Es ist ein ambitioniertes Ziel, doch bislang übertrifft Onley alle Erwartungen. Auf der 17. Etappe fuhr er für das Team Picnic–PostNL auf einen beachtlichen vierten Rang und zeigte erneut seine Konstanz in den Bergen wie im Zeitfahren. Der erst 22-Jährige scheint bereit für Großes – und könnte die Tour mit einem Paukenschlag beenden.
Im Gesamtklassement liegt er aktuell auf Platz vier. Der Rückstand auf Deutschlands
Florian Lipowitz, Dritter und Träger des Weißen Trikots, beträgt nur 2:01 Minuten. Zwei harte Bergetappen bleiben – genug, um den Deutschen vielleicht noch abzufangen. Mit einem starken Schlussakt könnte Onley gleich zwei historische Meilensteine erreichen: ein Podium und das Weiße Trikot.
Der Mont Ventoux war eine echte Bewährungsprobe. Onley gehörte zu den stärksten Fahrern des Tages und wurde Fünfter der Klassementfahrer. „Das war gut für mein Selbstvertrauen“, erklärte er im Ziel. „Wenn man hört, dass andere zurückfallen und sich selbst noch gut fühlt, ist das ein tolles Gefühl.“ Als Pogacar und Vingegaard attackierten, entwickelte sich für Onley ein direktes Duell mit den beiden BORA-Fahrern Roglic und Lipowitz.

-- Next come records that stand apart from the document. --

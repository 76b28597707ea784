// Look and list: the calls that read a finished book.
ghost use Rattle.std.specs.Prelude.{◌≡◌, ◌<◌, false, ◌&&◌, IfOk, OnOk, MatchResult, nat_lt};
ghost use Rattle.std.specs.Result.{result_map_both};
ghost use Rattle.theory.specs.Chains.{BestOver};
ghost use Rattle.theory.specs.Books.{look as look_call, list as list_call, list_answer, look_answer, Guarantee};
ghost use Rattle.book.specs.Views.{view, Kept, Called};

use crate::book::Book;
use measures::Measure;
use tables::answer;
use theory::{Entry, Phase, Refusal};

impl<'r, 't, 's, 'w, 'm, M: Measure> Book<'r, 't, 's, 'w, 'm, M> {
    /// Two sheet numbers, if both are below the number of sheets.
    pub(crate) fn pair(&self, from: u32, to: u32) -> Result<(u16, u16), Refusal>
        ensures { MatchResult result (λ pair. (pair ≡ (from, to)) × (from < self.now.sheets) × (to < self.now.sheets)) (λ e. (e ≡ Refusal.UnknownSheet) × ((nat_lt from self.now.sheets && nat_lt to self.now.sheets) ≡ false)) }
    {
        let sheets = u32::from(self.sheets);
        if from < sheets && to < sheets {
            // Tested above, so that no bit is lost; `try_from` would add a case that cannot be.
            Ok((from as u16, to as u16))
        } else {
            Err(Refusal::UnknownSheet)
        }
    }

    /// The best measure from one sheet to another.
    pub fn look(&self, from: u32, to: u32) -> Result<M, Refusal>
        ensures called { Called M.Measure.meaning self.now (look_call from to) (look_answer result) self.now }
        ensures best { Kept M.Measure.meaning self.now → IfOk result (λ best. BestOver M.Measure.meaning (view self.now).redraws from to best) }
    {
        let (from, to) = self.pair(from, to)?;
        let entries = self.list()?;
        Ok(answer(entries, from, to))
    }

    /// The entries of the finished table.
    pub fn list(&self) -> Result<&[Entry<M>], Refusal>
        ensures called { Called M.Measure.meaning self.now list_call (list_answer (result_map_both (λ entries. entries.now) (λ e. e) result)) self.now }
        ensures guarantee { Kept M.Measure.meaning self.now → OnOk result (Guarantee M.Measure.meaning (view self.now)) }
    {
        match self.phase {
            Phase::Finished => Ok(self.table.items()),
            _ => Err(Refusal::NotFinished),
        }
    }
}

Am Ende musste er sich knapp geschlagen geben. Das Duo nahm ihm rund 30 Sekunden ab. „Ich gratuliere den beiden, sie haben das clever gemacht. Sie haben mich am Ende ein bisschen zu sehr unter Druck gesetzt“, gab Onley offen zu. Sein Blick richtet sich nun auf genau diese beiden Rivalen: „Lipowitz ist vielleicht nicht so stark wie Vingegaard und Pogacar, aber er ist besser als der Rest. Roglic muss ihm also nicht helfen – und kann sich stattdessen darauf konzentrieren, Zeit auf mich gutzumachen.“
Sein Sportdirektor Matt Winston zeigte sich begeistert vom Auftreten seines Kapitäns. Das niederländische Team hat sich durch Onleys Leistungen in eine völlig neue Position gebracht – auch mit Blick auf wichtige UCI-Punkte. „Oscar hat am Ventoux eine beeindruckende Leistung gezeigt. Wir können stolz auf ihn und auf das gesamte Team sein. Wir sind weiterhin gut platziert und haben in der letzten Woche noch viel vor uns.“
Die letzten zwei Etappen könnten also Geschichte schreiben – für Onley, für Picnic–PostNL und vielleicht auch für Schottland.